--- Instructions to follow ---
A complete copy of the entries, exactly as written, is the expected result.

Saved data entries:
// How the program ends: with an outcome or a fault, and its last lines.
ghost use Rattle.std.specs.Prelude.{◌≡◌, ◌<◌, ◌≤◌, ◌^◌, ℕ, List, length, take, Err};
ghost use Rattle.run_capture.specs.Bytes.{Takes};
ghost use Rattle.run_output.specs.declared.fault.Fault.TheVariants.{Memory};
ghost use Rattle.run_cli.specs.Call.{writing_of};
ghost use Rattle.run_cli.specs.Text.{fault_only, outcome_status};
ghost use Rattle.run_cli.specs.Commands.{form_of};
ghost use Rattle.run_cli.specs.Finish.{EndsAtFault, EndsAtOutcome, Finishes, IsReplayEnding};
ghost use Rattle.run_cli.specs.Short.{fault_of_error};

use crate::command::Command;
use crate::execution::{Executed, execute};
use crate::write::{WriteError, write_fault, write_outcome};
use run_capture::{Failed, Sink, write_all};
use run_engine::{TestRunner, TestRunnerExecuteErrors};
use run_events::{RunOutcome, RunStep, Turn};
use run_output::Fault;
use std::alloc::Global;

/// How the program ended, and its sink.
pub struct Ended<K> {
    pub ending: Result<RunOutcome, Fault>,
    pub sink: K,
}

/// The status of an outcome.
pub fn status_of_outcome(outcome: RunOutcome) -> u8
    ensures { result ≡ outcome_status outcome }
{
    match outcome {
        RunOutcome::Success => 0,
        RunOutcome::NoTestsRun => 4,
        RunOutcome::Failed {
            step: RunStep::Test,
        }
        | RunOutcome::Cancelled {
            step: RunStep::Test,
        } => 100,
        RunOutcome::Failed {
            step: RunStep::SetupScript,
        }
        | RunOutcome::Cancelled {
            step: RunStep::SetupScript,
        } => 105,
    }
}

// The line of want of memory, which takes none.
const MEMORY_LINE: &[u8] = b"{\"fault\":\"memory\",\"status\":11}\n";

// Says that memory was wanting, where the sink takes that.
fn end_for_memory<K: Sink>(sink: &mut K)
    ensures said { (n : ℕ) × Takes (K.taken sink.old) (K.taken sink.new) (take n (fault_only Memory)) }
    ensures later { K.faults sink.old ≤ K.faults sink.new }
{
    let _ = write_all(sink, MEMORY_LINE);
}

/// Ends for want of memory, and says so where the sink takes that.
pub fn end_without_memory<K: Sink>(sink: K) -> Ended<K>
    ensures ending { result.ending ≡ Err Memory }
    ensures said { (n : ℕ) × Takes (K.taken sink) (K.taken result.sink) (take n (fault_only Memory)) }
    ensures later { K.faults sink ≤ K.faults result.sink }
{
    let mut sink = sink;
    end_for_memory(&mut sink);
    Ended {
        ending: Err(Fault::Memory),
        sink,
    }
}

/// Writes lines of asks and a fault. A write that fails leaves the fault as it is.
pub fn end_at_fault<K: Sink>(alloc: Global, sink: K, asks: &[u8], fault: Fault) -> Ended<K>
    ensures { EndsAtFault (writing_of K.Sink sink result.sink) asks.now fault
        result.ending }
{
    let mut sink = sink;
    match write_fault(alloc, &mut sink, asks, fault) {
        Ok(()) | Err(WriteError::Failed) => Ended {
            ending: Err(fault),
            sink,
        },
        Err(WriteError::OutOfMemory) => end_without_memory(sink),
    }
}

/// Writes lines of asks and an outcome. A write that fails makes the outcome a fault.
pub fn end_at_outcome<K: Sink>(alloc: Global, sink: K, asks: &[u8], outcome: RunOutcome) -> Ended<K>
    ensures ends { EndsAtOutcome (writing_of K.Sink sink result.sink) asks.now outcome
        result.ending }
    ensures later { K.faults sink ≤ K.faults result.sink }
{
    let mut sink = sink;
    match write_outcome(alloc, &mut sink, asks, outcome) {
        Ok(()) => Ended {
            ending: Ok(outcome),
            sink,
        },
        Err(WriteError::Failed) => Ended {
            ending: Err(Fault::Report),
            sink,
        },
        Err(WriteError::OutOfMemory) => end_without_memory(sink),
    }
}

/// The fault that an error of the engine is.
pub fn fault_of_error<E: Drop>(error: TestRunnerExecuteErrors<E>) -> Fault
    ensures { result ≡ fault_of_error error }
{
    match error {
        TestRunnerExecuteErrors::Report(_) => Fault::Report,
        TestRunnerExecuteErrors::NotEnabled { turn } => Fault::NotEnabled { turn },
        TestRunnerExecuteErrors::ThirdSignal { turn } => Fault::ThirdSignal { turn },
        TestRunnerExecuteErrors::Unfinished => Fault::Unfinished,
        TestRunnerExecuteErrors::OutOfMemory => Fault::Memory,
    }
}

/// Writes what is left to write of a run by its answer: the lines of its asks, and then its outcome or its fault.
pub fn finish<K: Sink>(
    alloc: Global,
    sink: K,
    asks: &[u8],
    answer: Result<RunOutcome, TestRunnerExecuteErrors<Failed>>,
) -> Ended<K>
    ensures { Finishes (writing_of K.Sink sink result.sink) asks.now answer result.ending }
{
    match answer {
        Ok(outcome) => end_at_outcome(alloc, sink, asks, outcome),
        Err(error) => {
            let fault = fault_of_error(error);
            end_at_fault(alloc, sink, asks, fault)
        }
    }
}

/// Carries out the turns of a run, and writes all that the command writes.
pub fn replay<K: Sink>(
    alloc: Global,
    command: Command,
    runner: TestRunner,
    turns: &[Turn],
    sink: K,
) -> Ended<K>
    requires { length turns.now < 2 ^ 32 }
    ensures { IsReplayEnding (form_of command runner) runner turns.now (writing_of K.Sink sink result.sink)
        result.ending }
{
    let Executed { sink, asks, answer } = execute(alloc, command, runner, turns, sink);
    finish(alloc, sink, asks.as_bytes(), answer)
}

--- Task answer ---
// How the program ends: with an outcome or a fault, and its last lines.
ghost use Rattle.std.specs.Prelude.{◌≡◌, ◌<◌, ◌≤◌, ◌^◌, ℕ, List, length, take, Err};
ghost use Rattle.run_capture.specs.Bytes.{Takes};
ghost use Rattle.run_output.specs.declared.fault.Fault.TheVariants.{Memory};
ghost use Rattle.run_cli.specs.Call.{writing_of};
ghost use Rattle.run_cli.specs.Text.{fault_only, outcome_status};
ghost use Rattle.run_cli.specs.Commands.{form_of};
ghost use Rattle.run_cli.specs.Finish.{EndsAtFault, EndsAtOutcome, Finishes, IsReplayEnding};
ghost use Rattle.run_cli.specs.Short.{fault_of_error};

use crate::command::Command;
use crate::execution::{Executed, execute};
use crate::write::{WriteError, write_fault, write_outcome};
use run_capture::{Failed, Sink, write_all};
use run_engine::{TestRunner, TestRunnerExecuteErrors};
use run_events::{RunOutcome, RunStep, Turn};
use run_output::Fault;
use std::alloc::Global;

/// How the program ended, and its sink.
pub struct Ended<K> {
    pub ending: Result<RunOutcome, Fault>,
    pub sink: K,
}

/// The status of an outcome.
pub fn status_of_outcome(outcome: RunOutcome) -> u8
    ensures { result ≡ outcome_status outcome }
{
    match outcome {
        RunOutcome::Success => 0,
        RunOutcome::NoTestsRun => 4,
        RunOutcome::Failed {
            step: RunStep::Test,
        }
        | RunOutcome::Cancelled {
            step: RunStep::Test,
        } => 100,
        RunOutcome::Failed {
            step: RunStep::SetupScript,
        }
        | RunOutcome::Cancelled {
            step: RunStep::SetupScript,
        } => 105,
    }
}

// The line of want of memory, which takes none.
const MEMORY_LINE: &[u8] = b"{\"fault\":\"memory\",\"status\":11}\n";

// Says that memory was wanting, where the sink takes that.
fn end_for_memory<K: Sink>(sink: &mut K)
    ensures said { (n : ℕ) × Takes (K.taken sink.old) (K.taken sink.new) (take n (fault_only Memory)) }
    ensures later { K.faults sink.old ≤ K.faults sink.new }
{
    let _ = write_all(sink, MEMORY_LINE);
}

/// Ends for want of memory, and says so where the sink takes that.
pub fn end_without_memory<K: Sink>(sink: K) -> Ended<K>
    ensures ending { result.ending ≡ Err Memory }
    ensures said { (n : ℕ) × Takes (K.taken sink) (K.taken result.sink) (take n (fault_only Memory)) }
    ensures later { K.faults sink ≤ K.faults result.sink }
{
    let mut sink = sink;
    end_for_memory(&mut sink);
    Ended {
        ending: Err(Fault::Memory),
        sink,
    }
}

/// Writes lines of asks and a fault. A write that fails leaves the fault as it is.
pub fn end_at_fault<K: Sink>(alloc: Global, sink: K, asks: &[u8], fault: Fault) -> Ended<K>
    ensures { EndsAtFault (writing_of K.Sink sink result.sink) asks.now fault
        result.ending }
{
    let mut sink = sink;
    match write_fault(alloc, &mut sink, asks, fault) {
        Ok(()) | Err(WriteError::Failed) => Ended {
            ending: Err(fault),
            sink,
        },
        Err(WriteError::OutOfMemory) => end_without_memory(sink),
    }
}

/// Writes lines of asks and an outcome. A write that fails makes the outcome a fault.
pub fn end_at_outcome<K: Sink>(alloc: Global, sink: K, asks: &[u8], outcome: RunOutcome) -> Ended<K>
    ensures ends { EndsAtOutcome (writing_of K.Sink sink result.sink) asks.now outcome
        result.ending }
    ensures later { K.faults sink ≤ K.faults result.sink }
{
    let mut sink = sink;
    match write_outcome(alloc, &mut sink, asks, outcome) {
        Ok(()) => Ended {
            ending: Ok(outcome),
            sink,
        },
        Err(WriteError::Failed) => Ended {
            ending: Err(Fault::Report),
            sink,
        },
        Err(WriteError::OutOfMemory) => end_without_memory(sink),
    }
}

/// The fault that an error of the engine is.
pub fn fault_of_error<E: Drop>(error: TestRunnerExecuteErrors<E>) -> Fault
    ensures { result ≡ fault_of_error error }
{
    match error {
        TestRunnerExecuteErrors::Report(_) => Fault::Report,
        TestRunnerExecuteErrors::NotEnabled { turn } => Fault::NotEnabled { turn },
        TestRunnerExecuteErrors::ThirdSignal { turn } => Fault::ThirdSignal { turn },
        TestRunnerExecuteErrors::Unfinished => Fault::Unfinished,
        TestRunnerExecuteErrors::OutOfMemory => Fault::Memory,
    }
}

/// Writes what is left to write of a run by its answer: the lines of its asks, and then its outcome or its fault.
pub fn finish<K: Sink>(
    alloc: Global,
    sink: K,
    asks: &[u8],
    answer: Result<RunOutcome, TestRunnerExecuteErrors<Failed>>,
) -> Ended<K>
    ensures { Finishes (writing_of K.Sink sink result.sink) asks.now answer result.ending }
{
    match answer {
        Ok(outcome) => end_at_outcome(alloc, sink, asks, outcome),
        Err(error) => {
            let fault = fault_of_error(error);
            end_at_fault(alloc, sink, asks, fault)
        }
    }
}

/// Carries out the turns of a run, and writes all that the command writes.
pub fn replay<K: Sink>(
    alloc: Global,
    command: Command,
    runner: TestRunner,
    turns: &[Turn],
    sink: K,
) -> Ended<K>
    requires { length turns.now < 2 ^ 32 }
    ensures { IsReplayEnding (form_of command runner) runner turns.now (writing_of K.Sink sink result.sink)
        result.ending }
{
    let Executed { sink, asks, answer } = execute(alloc, command, runner, turns, sink);
    finish(alloc, sink, asks.as_bytes(), answer)
}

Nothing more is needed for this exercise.